Use the Bellabeat Spring product in the marketing strategy. The Spring product tracks water intake, which is something that wasn't represented in the sample dataset at all. Because of this, I would say the Spring product is pretty unique, which can also help Bellabeat brand since it shows they are offering something some of their competitors don't have.
Offer trial periods for the Bellabeat app. The app is going to be a subscription based product, but my recommendation from this analysis would be to include a promotion every so often that would allow people to try out the Bellabeat app. You can see that people who tracked their steps and other activity continued to use the product throughout the entire month. I believe this shows that people who use fitness tracking products generally stick around and don't swap back and forth between products. If a trial period is offered, some people could start to use the app for their fitness tracking and want to invest in the full paid subscription after their trial ends, and would be more likely to buy other Bellabeat products as well.

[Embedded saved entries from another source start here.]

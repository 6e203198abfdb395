// Intervals of either form as arrays of bytes, in either order.
ghost use Rattle.std.specs.Prelude.{◌≡◌};
ghost use Rattle.patterns.specs.Format.{binary64};
ghost use Rattle.meaning.specs.Forms.{JudgedValue, Reading, TidiedAs, Writing, size_of};
ghost use Rattle.meaning.specs.Statement.{sound};
ghost use Rattle.refusals.specs.RefusalMeaning.{outcome, outcome_of};
ghost use Rattle.ends_in_bytes.specs.ByteOrderMeaning.{order_of};

use dec_interval::{DecInterval, canonical_dec};
use end_pairs::canonical;
use ends_in_bytes::ByteOrder;
use interval::Interval;
use lent_intervals::InBytes;
use refusals::Refusal;

// An interval that is written as the bytes have it.
pub trait Tidied: InBytes {
    // The same interval with its zeros, and NaI with its ends, as the bytes have them.
    fn tidied(self) -> Self
        requires { JudgedValue binary64 Self.form (Self.value self) sound }
        ensures { TidiedAs binary64 Self.form (Self.value self) (Self.value result) };
}

impl Tidied for Interval {
    fn tidied(self) -> Interval {
        Interval::from_ends(canonical(self.ends))
    }
}

impl Tidied for DecInterval {
    fn tidied(self) -> DecInterval {
        canonical_dec(self.x.ends, self.d)
    }
}

// The interval that bytes stand for.
pub fn read<T: InBytes, const N: usize>(bytes: [u8; N], order: ByteOrder) -> Result<T, Refusal>
    requires { N ≡ size_of T.form }
    ensures { Reading binary64 T.form (order_of order) bytes.entry (outcome_of T.value result) }
{
    Ok(T::read(&bytes, 0, order)?)
}

// The bytes of an interval.
pub fn write<T: Tidied, const N: usize>(x: T, order: ByteOrder) -> Result<[u8; N], Refusal>
    requires { N ≡ size_of T.form }
    ensures { Writing binary64 T.form (order_of order) (T.value x) (outcome result) }
{
    x.judge()?;
    let mut bytes = [0u8; N];
    x.tidied().write(order, &mut bytes);
    Ok(bytes)
}
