// Which ends the bytes may have.
ghost use Rattle.patterns.specs.Format.{binary64};
ghost use Rattle.meaning.specs.Pairs.{Canonical};
ghost use Rattle.meaning.specs.Bytes.{BytesEnds};
ghost use Rattle.truth.specs.Answers.{Answers};
ghost use Rattle.end_pairs.specs.EndPairMeaning.{pair_of};

use end_pairs::{EndPair, PLUS_ZERO, SIGN, are_nans, is_bare};

// Whether ends are an interval's with its zeros as the bytes have them.
pub fn is_canonical(x: EndPair) -> bool
    ensures { Answers (Canonical binary64 (pair_of x)) result }
{
    if x.a == PLUS_ZERO {
        return false;
    }
    if x.b == SIGN {
        return false;
    }
    is_bare(x)
}

// Whether ends are those of a decorated interval as the bytes have it.
pub fn has_bytes_ends(x: EndPair) -> bool
    ensures { Answers (BytesEnds binary64 (pair_of x)) result }
{
    is_canonical(x) || are_nans(x)
}
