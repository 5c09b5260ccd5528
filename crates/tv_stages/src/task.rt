//! What stages are recorded of.

use std::alloc::Global;
use tv_eval::Scratch;
use tv_losses_unmet::Declared;
use tv_model::{Mode, Program};
use tv_rules::Closed;
use tv_step::Stepper;

/// A program in a mode, and its closed rules.
#[derive(Clone, Copy)]
pub(crate) struct Task<'a, 'b> {
    pub alloc: Global,
    pub program: &'a Program,
    pub mode: Mode,
    pub closed: &'b Closed,
}

/// What tries rules, declarations and whole steps of a program.
#[derive(Drop)]
pub(crate) struct Tools<'a> {
    pub declared: Declared<'a>,
    pub scratch: Scratch,
    pub stepper: Stepper<'a>,
}
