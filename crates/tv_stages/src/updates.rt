//! What an action gives from the structures at hand.

ghost use Rattle.std.specs.Prelude.{◌≡◌, ◌<◌, length, map, All, IfOk, IfErr};
ghost use Rattle.tv_structure_form.specs.StructureForm.{structure_of};
ghost use Rattle.tv_step_laws.specs.Shaped.{IsShaped};
ghost use Rattle.tv_step.specs.Steps.{IsCauseOfPick, IsCauseOfUpdate, IsCauseOfUpdates};
ghost use Rattle.tv_update_laws.specs.Picks.{lists_of, picks_of};
ghost use Rattle.tv_stages_laws.specs.Stages.{IsPickedUpdate, IsUpdatedAt};
ghost use Rattle.tv_stages.specs.Tasks.{CanUpdate, IsCourse, IsReadyToRecord, course_action, task_program};

use crate::course::{Case, Course, precondition, update};
use crate::fate::given_each;
use crate::lists::{Lists, all_lists, assigned};
use crate::task::{Task, Tools};
use tv_model::Items;
use tv_stages_laws::{Picked, PickedUpdate, PickedUpdates, UpdatedAt, UpdatedEach};
use tv_struct::{StageError, Structure, Structures};

/// What the action gives for picked individuals, and what becomes of it.
fn picked_update(
    x: &Task,
    tools: &mut Tools,
    case: &Case,
    individuals: Picked,
) -> Result<PickedUpdate, StageError>
    requires case { CanUpdate x.now tools.old case.now }
    requires count { length individuals ≡ length (course_action case.now.course.now).picks }
    requires individuals { All (λ u. u < case.now.from.now.size) individuals }
    ensures individuals { IfOk result (λ u. u.individuals ≡ individuals) }
    ensures update { IfOk result (IsPickedUpdate (task_program x.now) x.now.mode
        (course_action case.now.course.now) case.now.from.now) }
    ensures cause { IfErr result (IsCauseOfPick (course_action case.now.course.now) case.now.from.now
        (picks_of (course_action case.now.course.now) individuals)) }
    ensures same { tools.new ≡ tools.old }
{
    let picks = assigned(case.course.action.picks.as_slice(), individuals.as_slice());
    let value = precondition(&mut tools.stepper, case, &picks);
    let structures = update(x, tools, case, &picks, value)?;
    let given = given_each(x, tools, structures)?;
    Ok(PickedUpdate {
        individuals,
        value,
        given,
    })
}

/// The same for each of these lists of individuals.
fn picked_each(
    x: &Task,
    tools: &mut Tools,
    case: &Case,
    lists: Lists,
) -> Result<PickedUpdates, StageError>
    requires case { CanUpdate x.now tools.old case.now }
    requires lists { lists ≡ lists_of (structure_of case.now.from.now).individuals
        (length (course_action case.now.course.now).picks) }
    ensures individuals { IfOk result (λ each. map (λ u. u.individuals) each ≡ lists) }
    ensures updates { IfOk result (All (IsPickedUpdate (task_program x.now) x.now.mode
        (course_action case.now.course.now) case.now.from.now)) }
    ensures cause { IfErr result (IsCauseOfUpdate (course_action case.now.course.now) case.now.from.now) }
    ensures same { tools.new ≡ tools.old }
{
    let mut each = Items::new(x.alloc);
    for individuals in lists.into_vec() {
        each.push(picked_update(x, tools, case, individuals)?)?;
    }
    Ok(each)
}

/// All that the action gives from a structure at hand.
fn updated_at(
    x: &Task,
    tools: &mut Tools,
    course: &Course,
    s: Structure,
) -> Result<UpdatedAt, StageError>
    requires ready { IsReadyToRecord x.now tools.old }
    requires course { IsCourse x.now course.now }
    requires shaped { IsShaped (task_program x.now) s }
    ensures at_hand { IfOk result (λ at. at.at_hand ≡ s) }
    ensures updated { IfOk result
        (IsUpdatedAt (task_program x.now) x.now.mode (course_action course.now)) }
    ensures cause { IfErr result (IsCauseOfUpdate (course_action course.now) s) }
    ensures same { tools.new ≡ tools.old }
{
    let lists = all_lists(x.alloc, s.size(), course.action.picks.len())?;
    let picks = picked_each(x, tools, &Case { course, from: &s }, lists)?;
    Ok(UpdatedAt { at_hand: s, picks })
}

/// All that the action gives from the structures at hand.
pub(crate) fn updates(
    x: &Task,
    tools: &mut Tools,
    course: &Course,
    at_hand: Structures,
) -> Result<UpdatedEach, StageError>
    requires ready { IsReadyToRecord x.now tools.old }
    requires course { IsCourse x.now course.now }
    requires shaped { All (IsShaped (task_program x.now)) at_hand }
    ensures at_hand { IfOk result (λ each. map (λ at. at.at_hand) each ≡ at_hand) }
    ensures updated { IfOk result
        (All (IsUpdatedAt (task_program x.now) x.now.mode (course_action course.now))) }
    ensures cause { IfErr result (IsCauseOfUpdates (course_action course.now) at_hand) }
    ensures same { tools.new ≡ tools.old }
{
    let mut each = Items::new(x.alloc);
    for s in at_hand.into_vec() {
        each.push(updated_at(x, tools, course, s)?)?;
    }
    Ok(each)
}
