//! The stages of a step, one after the other.

ghost use Rattle.std.specs.Prelude.{◌≡◌, ◌<◌, length, IfOk, IfErr, OnOk};
ghost use Rattle.tv_structure_form.specs.StructureForm.{IsOver};
ghost use Rattle.tv_step_laws.specs.Budgets.{IsStepCause, KeepsBudgets};
ghost use Rattle.tv_stages_laws.specs.Stages.{IsSlowStep};
ghost use Rattle.tv_stages.specs.Tasks.{IsReadyToRecord, task_program};

use crate::course::course_of;
use crate::fate::fate;
use crate::focus::focus;
use crate::kept::kept_by;
use crate::task::{Task, Tools};
use crate::turn::Progress;
use crate::updates::updates;
use tv_stages_laws::SlowStep;
use tv_step::StepOut;
use tv_struct::{StageError, Structure};

/// The step of the structure along the edge, stage by stage. The step itself is taken first, so that budgets
/// that it meets end the work before anything is recorded.
pub(crate) fn slow_step(
    x: &Task,
    tools: &mut Tools,
    edge: u32,
    s: &Structure,
) -> Result<SlowStep, StageError>
    requires ready { IsReadyToRecord x.now tools.old }
    requires edge { edge < length x.now.program.now.edges }
    requires over { IsOver x.now.program.now.vocab s.now }
    ensures slow { IfOk result (IsSlowStep (task_program x.now) x.now.mode edge s.now) }
    ensures budgets { OnOk result (KeepsBudgets (task_program x.now) edge s.now) }
    ensures cause { IfErr result (IsStepCause (task_program x.now) edge s.now) }
    ensures same { tools.new ≡ tools.old }
{
    let StepOut { results, .. } = tools.stepper.step(edge, s)?;
    let course = course_of(x, edge)?;
    let start = fate(x, tools, s)?;
    let at_hand = kept_by(x.alloc, &start)?;
    let Progress { rows, at_hand } = focus(x, tools, course.action.focus.as_slice(), at_hand)?;
    let updates = updates(x, tools, &course, at_hand)?;
    Ok(SlowStep {
        start,
        focus: rows,
        updates,
        results,
    })
}
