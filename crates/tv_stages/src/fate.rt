//! What coerce makes of a structure, and blur of what it leaves.

ghost use Rattle.std.specs.Prelude.{◌≡◌, map, All, IfOk};
ghost use Rattle.tv_model.specs.Program.{program_of};
ghost use Rattle.tv_structure_form.specs.StructureForm.{IsOver};
ghost use Rattle.tv_step_laws.specs.Shaped.{IsShaped};
ghost use Rattle.tv_step_laws.specs.Transfer.{IsBlurOf};
ghost use Rattle.tv_stages_laws.specs.Stages.{IsEndFrom, IsFate};
ghost use Rattle.tv_stages.specs.Tasks.{IsReadyToRecord, task_program};

use crate::task::{Task, Tools};
use std::alloc::AllocError;
use tv_blur::into_blurred;
use tv_coerce::coerce;
use tv_model::Items;
use tv_stages_laws::{Choice, Choices, End, Fate, Given, GivenEach};
use tv_struct::{Structure, Structures};

/// What coerce makes of the structure.
pub(crate) fn fate(x: &Task, tools: &mut Tools, s: &Structure) -> Result<Fate, AllocError>
    requires ready { IsReadyToRecord x.now tools.old }
    requires over { IsOver x.now.program.now.vocab s.now }
    ensures fate { IfOk result (IsFate (task_program x.now) s.now) }
    ensures same { tools.new ≡ tools.old }
{
    let _ = s.size();
    match coerce(x.alloc, x.closed, s, &mut tools.scratch)? {
        None => Ok(Fate::Dropped(tools.declared.first_unmet(s)?)),
        Some(t) => Ok(Fate::Kept(t)),
    }
}

/// The choices with these structures, and what coerce makes of each.
pub(crate) fn choices(
    x: &Task,
    tools: &mut Tools,
    structures: Structures,
) -> Result<Choices, AllocError>
    requires ready { IsReadyToRecord x.now tools.old }
    requires over { All (IsOver x.now.program.now.vocab) structures }
    ensures structures { IfOk result (λ choices. map (λ c. c.structure) choices ≡ structures) }
    ensures fates { IfOk result (All (λ c. IsFate (task_program x.now) c.structure c.fate)) }
    ensures same { tools.new ≡ tools.old }
{
    let mut choices = Items::new(x.alloc);
    for structure in structures.into_vec() {
        let fate = fate(x, tools, &structure)?;
        choices.push(Choice { structure, fate })?;
    }
    Ok(choices)
}

/// A coerced structure, blurred.
fn blurred(x: &Task, coerced: &Structure) -> Result<Structure, AllocError>
    requires { IsOver x.now.program.now.vocab coerced.now }
    ensures { IfOk result (IsBlurOf (task_program x.now) coerced.now) }
{
    into_blurred(x.alloc, &x.program.vocab, coerced.copy(x.alloc)?)
}

/// What becomes of a structure that an update gives.
fn end(x: &Task, tools: &mut Tools, s: &Structure) -> Result<End, AllocError>
    requires ready { IsReadyToRecord x.now tools.old }
    requires over { IsOver x.now.program.now.vocab s.now }
    ensures end { IfOk result (IsEndFrom (task_program x.now) s.now) }
    ensures same { tools.new ≡ tools.old }
{
    match fate(x, tools, s)? {
        Fate::Dropped(claim) => Ok(End::Lost(claim)),
        Fate::Kept(coerced) => {
            let blurred = blurred(x, &coerced)?;
            Ok(End::Blurred { coerced, blurred })
        }
    }
}

/// The given structures, and what becomes of each.
pub(crate) fn given_each(
    x: &Task,
    tools: &mut Tools,
    structures: Structures,
) -> Result<GivenEach, AllocError>
    requires ready { IsReadyToRecord x.now tools.old }
    requires over { All (IsOver x.now.program.now.vocab) structures }
    ensures structures { IfOk result (λ given. map (λ g. g.structure) given ≡ structures) }
    ensures ends { IfOk result (All (λ g. IsEndFrom (task_program x.now) g.structure g.end)) }
    ensures same { tools.new ≡ tools.old }
{
    let mut given = Items::new(x.alloc);
    for structure in structures.into_vec() {
        let end = end(x, tools, &structure)?;
        given.push(Given { structure, end })?;
    }
    Ok(given)
}
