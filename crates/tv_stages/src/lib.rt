//! One abstract step, recorded stage by stage. What is recorded is defined in `tv_stages_laws`.
#![tactic(auto)]

mod course;
mod fate;
mod focus;
mod kept;
mod lists;
mod stager;
mod stages;
mod task;
mod turn;
mod updates;

pub use stager::Stager;
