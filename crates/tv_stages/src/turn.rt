//! The turn of a focus atom.

ghost use Rattle.std.specs.Prelude.{◌≡◌, [], ◌∷◌, map, All, IfOk, IfErr, OnOk};
ghost use Rattle.std.specs.List.{AllZip};
ghost use Rattle.tv_focus.specs.Stage.{IsStageCause};
ghost use Rattle.tv_model.specs.Form.{form_of};
ghost use Rattle.tv_step_laws.specs.Shaped.{IsShaped};
ghost use Rattle.tv_step_laws.specs.Transfer.{IsTableOf, choices_at};
ghost use Rattle.tv_step.specs.Steps.{IsFocusCause, IsPlace};
ghost use Rattle.tv_stages_laws.specs.Stages.{IsFocusedAt};
ghost use Rattle.tv_stages.specs.Tasks.{task_program};
ghost use Rattle.tv_stages.specs.Turns.{CanFocus, Turned, turn_of, turn_place};

use crate::fate::choices;
use crate::kept::kept_behind;
use crate::task::{Task, Tools};
use tv_focus::focus_stage;
use tv_model::{Formula, Items};
use tv_stages_laws::{FocusRow, FocusRows, FocusedAt, FocusedEach};
use tv_struct::{StageError, Structure, Structures};

/// An atom of a focus formula, whose turn it is: the number of the formula among the action's, the formula,
/// and the atom's number in it.
#[derive(Clone, Copy)]
pub(crate) struct Turn<'a> {
    pub number: usize,
    pub formula: &'a Formula,
    pub atom: usize,
}

/// What is recorded of the turns so far, and what is at hand behind them.
#[derive(Drop)]
pub(crate) struct Progress {
    pub rows: FocusRows,
    pub at_hand: Structures,
}

/// The choices of the atom in the structure, in order.
fn stage(x: &Task, turn: &Turn, s: &Structure) -> Result<Structures, StageError>
    requires place { IsPlace (task_program x.now) (turn_place turn.now) }
    requires shaped { IsShaped (task_program x.now) s.now }
    ensures structures { IfOk result
        (λ ts. AllZip (IsTableOf (task_program x.now)) ts (choices_at s.now (turn_place turn.now))) }
    ensures cause { IfErr result (IsFocusCause (turn_place turn.now) (s.now ∷ [])) }
{
    focus_stage(x.alloc, &x.program.vocab, turn.formula, turn.atom, s)
}

/// The structure at hand, with each choice of the atom, and what coerce makes of it.
fn focused_at(
    x: &Task,
    tools: &mut Tools,
    turn: &Turn,
    s: &Structure,
) -> Result<FocusedAt, StageError>
    requires { CanFocus x.now tools.old turn.now (s.now ∷ []) }
    ensures at_hand { IfOk result (λ at. at.at_hand ≡ s.now) }
    ensures focused { IfOk result (IsFocusedAt (task_program x.now) (turn_place turn.now)) }
    ensures cause { IfErr result (IsFocusCause (turn_place turn.now) (s.now ∷ [])) }
    ensures same { tools.new ≡ tools.old }
{
    let structures = stage(x, turn, s)?;
    let choices = choices(x, tools, structures)?;
    let at_hand = s.copy(x.alloc)?;
    Ok(FocusedAt { at_hand, choices })
}

/// Each structure at hand, so focused.
fn focused_each(
    x: &Task,
    tools: &mut Tools,
    turn: &Turn,
    at_hand: &[Structure],
) -> Result<FocusedEach, StageError>
    requires { CanFocus x.now tools.old turn.now at_hand.now }
    ensures at_hand { IfOk result (λ each. map (λ at. at.at_hand) each ≡ at_hand.now) }
    ensures focused { IfOk result (All (IsFocusedAt (task_program x.now) (turn_place turn.now))) }
    ensures cause { IfErr result (IsFocusCause (turn_place turn.now) at_hand.now) }
    ensures same { tools.new ≡ tools.old }
{
    let mut each = Items::new(x.alloc);
    for s in at_hand {
        each.push(focused_at(x, tools, turn, s)?)?;
    }
    Ok(each)
}

/// Takes the turn of the atom: it is recorded, and what it keeps is at hand then.
pub(crate) fn take_turn(
    x: &Task,
    tools: &mut Tools,
    turn: &Turn,
    progress: &mut Progress,
) -> Result<(), StageError>
    requires { CanFocus x.now tools.old turn.now progress.old.at_hand }
    ensures turned { OnOk result
        (Turned (task_program x.now) (turn_of turn.now ∷ []) progress.old progress.new) }
    ensures cause { IfErr result (IsFocusCause (turn_place turn.now) progress.old.at_hand) }
    ensures same { tools.new ≡ tools.old }
{
    let at_hand = focused_each(x, tools, turn, progress.at_hand.as_slice())?;
    let row = FocusRow {
        formula: turn.number,
        atom: turn.atom,
        at_hand,
    };
    progress.at_hand = kept_behind(x.alloc, &row)?;
    progress.rows.push(row)?;
    Ok(())
}
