//! The structures that go on behind a stage, in memory of their own.

ghost use Rattle.std.specs.Prelude.{◌≡◌, ◌++◌, IfOk, OnOk};
ghost use Rattle.tv_stages_laws.specs.Stages.{kept_at, kept_behind, kept_by};

use std::alloc::{AllocError, Global};
use tv_stages_laws::{Fate, FocusRow, FocusedAt};
use tv_struct::Structures;

/// Puts the structure that goes on, if one does, behind the others.
fn push_kept(alloc: Global, fate: &Fate, out: &mut Structures) -> Result<(), AllocError>
    ensures { OnOk result (out.new ≡ out.old ++ kept_by fate.now) }
{
    match fate {
        Fate::Dropped(_) => Ok(()),
        Fate::Kept(t) => out.push(t.copy(alloc)?),
    }
}

/// Puts what goes on from a structure at hand behind the others.
fn push_kept_at(alloc: Global, x: &FocusedAt, out: &mut Structures) -> Result<(), AllocError>
    ensures { OnOk result (out.new ≡ out.old ++ kept_at x.now) }
{
    for choice in x.choices.as_slice() {
        push_kept(alloc, &choice.fate, out)?;
    }
    Ok(())
}

/// What is at hand behind the turn of an atom.
pub(crate) fn kept_behind(alloc: Global, row: &FocusRow) -> Result<Structures, AllocError>
    ensures { IfOk result (λ structures. structures ≡ kept_behind row.now) }
{
    let mut out = Structures::new(alloc);
    for x in row.at_hand.as_slice() {
        push_kept_at(alloc, x, &mut out)?;
    }
    Ok(out)
}

/// What is at hand before the first turn.
pub(crate) fn kept_by(alloc: Global, fate: &Fate) -> Result<Structures, AllocError>
    ensures { IfOk result (λ structures. structures ≡ kept_by fate.now) }
{
    let mut out = Structures::new(alloc);
    push_kept(alloc, fate, &mut out)?;
    Ok(out)
}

This case study and data set were pretty fun to work with. I liked being able to create different visualizations based on fitness data, since tracking workouts and fitness data is something I personally do every week to help me reach my own fitness goals. If I were to spend more time on this case study, I would love to find more datasets that could help me solve the task of giving recommendations that would help drive Bellabeats marketing strategies. Finding different information, such as user surveys where they were asked different information such as what products they used the most, or found the most useful, would be interesting to apply to this case study. The sample dataset could be tough to work with sometimes because it wasn't always great at answering some of the questions I was coming up with throughout the project, like knowing why some users decided not to enter their weight into the Fitbit app, or why some people didn't want to use the heart rate monitor. I realized it can be hard to give recommendations based on the data I had, since analyzing some of the data would lead to questions that the data simply couldn't answer. Overall, I enjoyed working on this case study, and I was able to learn a lot more about R programming in the process!